El Refugio Turgalium tiene 44 perros y 12 gatos y está lleno

A principios de junio, entrará a trabajar un operario municipal en estas instalaciones

Javier Sánchez Pablos
JAVIER SÁNCHEZ PABLOS

El Refugio Turgalium, dirigido por la protectora de animales de la localidad, cuenta, en la actualidad, con 44 perros y 12 gatos, un número muy superior a meses anteriores. «Son muchos», sostiene el presidente de la entidad, Mario Gilabert. De hecho, los cheniles de las instalaciones están llenos. No obstante, se está a la espera de que puedan viajar tres canes hacia Francia, gracia a la colaboración de la asociación gala de mastines, además de alguna adopción más que hay prevista.

Este dirigente matiza que ya se vivió una época peor a finales de 2021, coincidiendo con el término de la caza, apareciendo perros abandonados como mastines y podencos.

Gilabert recuerda que los animales que llegan al refugio son perros o gatos abandonados por sus dueños. En casos puntuales, se recogen animales de personas mayores que, por diferentes circunstancias, no se pueden hacer cargo de ellos o que fallecen, «Lo que no estamos dispuestos a recoger son los caprichos de la gente, porque nosotros siempre defendemos que hay que ser responsables con los animales», explica este dirigente.

La protectora cuenta con un grupo de jóvenes voluntarios. Siempre que los estudios se lo permiten, los fines de semana colaboran sacando a los animales de paseo por los aledaños del refugio o haciendo otras tareas. «A los perros les viene bien para sociabilizarse y para aprender a caminar con correa, entre otras acciones».

Este responsable, asimismo, resalta que se va a contar con un trabajador municipal. Gilabert recuerda que hacía dos años que se llevaba solicitando al Consistorio este personal, ya que anteriormente se disponía de un operario. Ahora, la idea es que comience a trabajar a principios de junio. Este dirigente considera que es necesario su labor, sobre todo, los días de diario.
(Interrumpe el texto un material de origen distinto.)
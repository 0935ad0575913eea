// The flusher: the worker that puts the notes that pend on the disks.
ghost use Rattle.std.specs.Prelude.{◌≡◌, Err, IfErr, IsSome, None, OnOk, Some};
ghost use Rattle.flusher.specs.Faults.{IsOfTape};

use crate::article_sync::{ArticleSync, NoSync};
use crate::pace::Pace;
use crate::share::FeederShare;
use crate::signals::Signals;
use crate::threads::Work;
use crate::{Naming, Post, PostFault};
use disk_model::Disk;
use log::{Log, info};
use std::rt::Clock;
use std::sync::Wait;
use std::time::Instant;

// A flush is logged as slow if it takes that many seconds or more.
const SLOW_MIN_SECONDS: u64 = 1;

/// Flushes all stations and the intake tape, for each order and once a second without one, until it is told to end.
/// Before the flush of an order it drops what exceeds the peers' limits; after each flush it rewrites the tapes for
/// which that is due.
///
/// What acknowledged lines name is durable before they are acknowledged, if `articles` sees to that.
///
/// Once a tape has failed, as this or another worker found, or an article may not be durable, it flushes the stations
/// that work, as often as before and once more at its end, so that the answers of their peers are kept. It drops and
/// rewrites nothing any more, and no receipt comes. Every other fault ends it, and stops all workers.
#[derive(Drop)]
pub struct Flusher<N: Naming, A = NoSync> {
    /// What it has dropped.
    pub share: FeederShare<N>,
    /// What makes the articles durable.
    pub articles: A,
    /// The first fault that it met.
    pub fault: Option<PostFault>,
}

impl<N: Naming> Flusher<N> {
    /// One that counts by this share, and leaves the articles to whoever keeps them.
    pub fn new(share: FeederShare<N>) -> Flusher<N> {
        Flusher::with_articles(share, NoSync)
    }
}

impl<N: Naming, A> Flusher<N, A> {
    /// One that counts by this share. `articles` makes durable what lines name.
    pub fn with_articles(share: FeederShare<N>, articles: A) -> Flusher<N, A> {
        Flusher {
            share,
            articles,
            fault: None,
        }
    }

    // Keeps a fault, if it is the first.
    fn keep(&mut self, fault: PostFault)
        ensures first { self.old.fault ≡ None → self.new.fault ≡ Some fault }
        ensures later { IsSome self.old.fault → self.new.fault ≡ self.old.fault }
        ensures share { self.new.share ≡ self.old.share }
    {
        if self.fault.is_none() {
            self.fault = Some(fault);
        }
    }
}

impl<N: Naming, A: ArticleSync> Flusher<N, A> {
    // Drops what exceeds each peer's limit.
    fn shed_all<D: Disk, R: Wait>(&mut self, rt: &R, post: &Post<D, N>) -> Result<(), PostFault> {
        for peer in 0..post.peers() {
            post.shed(rt, peer, &mut self.share)?;
        }
        Ok(())
    }

    // Flushes everything, and signals the receipt for the first `orders` orders. If the flush was ordered, what exceeds
    // the limits is dropped first. If an article may not be durable, no receipt comes, as if a tape were lost.
    fn flush<D: Disk, R: Wait + Clock + Log, P: Pace>(
        &mut self,
        rt: &R,
        post: &Post<D, N>,
        signals: &Signals,
        pace: &P,
        orders: u64,
        is_ordered: bool,
    ) -> Result<(), PostFault> {
        if is_ordered {
            self.shed_all(rt, post)?;
        }
        let begun = Instant::now(rt);
        let Some(receipt) = post.flush_all(rt, pace, &mut self.articles)? else {
            self.articles.tell(rt);
            signals.lose_tape();
            return Ok(());
        };
        if let Ok(begun) = begun {
            log_slow(rt, begun);
        }
        signals.answer(rt, orders, receipt);
        post.rotate_all(rt)
    }

    // Serves the orders until it is told to end.
    fn flush_on<D: Disk, R: Wait + Clock + Log, P: Pace>(
        &mut self,
        rt: &R,
        post: &Post<D, N>,
        signals: &Signals,
        pace: &P,
    ) -> Result<(), PostFault> {
        let mut answered = 0;
        for _ in rt.forever() {
            let next = signals.next_flush(rt, answered);
            let flushed = match next {
                Some(orders) if !signals.has_lost_tape() => {
                    self.flush(rt, post, signals, pace, orders, orders != answered)
                }
                _ => post.flush_working(rt, pace),
            };
            self.meet(signals, flushed)?;
            let Some(orders) = next else {
                return Ok(());
            };
            answered = orders;
        }
        unreachable!()
    }

    // Goes on after a tape's fault, of which the first is kept.
    fn meet(&mut self, signals: &Signals, flushed: Result<(), PostFault>) -> Result<(), PostFault>
        ensures goes_on { OnOk result (IfErr flushed IsOfTape) }
        ensures ends { IfErr result (λ fault. flushed ≡ Err fault × (IsOfTape fault → ⊥)) }
    {
        if let Err(fault) = flushed {
            if !fault.is_of_tape() {
                return Err(fault);
            }
            self.keep(fault);
            signals.lose_tape();
        }
        Ok(())
    }
}

impl<D: Disk, N: Naming, A: ArticleSync> Work<D, N> for Flusher<N, A> {
    fn run<R: AllocGlobal + Wait + Clock + Log, P: Pace>(
        &mut self,
        rt: &R,
        post: &Post<D, N>,
        signals: &Signals,
        pace: &P,
    ) {
        if let Err(fault) = self.flush_on(rt, post, signals, pace) {
            self.keep(fault);
            signals.stop();
        }
    }
}

// Logs a flush that began at this moment, if it took long.
fn log_slow<R: Clock + Log>(rt: &R, begun: Instant) {
    if let Ok(passed) = begun.elapsed(rt)
        && passed.as_secs() >= SLOW_MIN_SECONDS
    {
        info!(rt; "a flush took {} seconds: the disk is slow", passed.as_secs());
    }
}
Recuerda, asimismo, que sigue vigente el acuerdo con el Ayuntamiento, por el que se recibe una subvención para para poder llevar a cabo una serie de acciones, que de otro modo no se podría. «Cada perro que llega, está sin chips, sin vacunas y hay que castrarlo, analíticas, junto a otros cuidados y eso lleva unos gastos, más la comida», explica.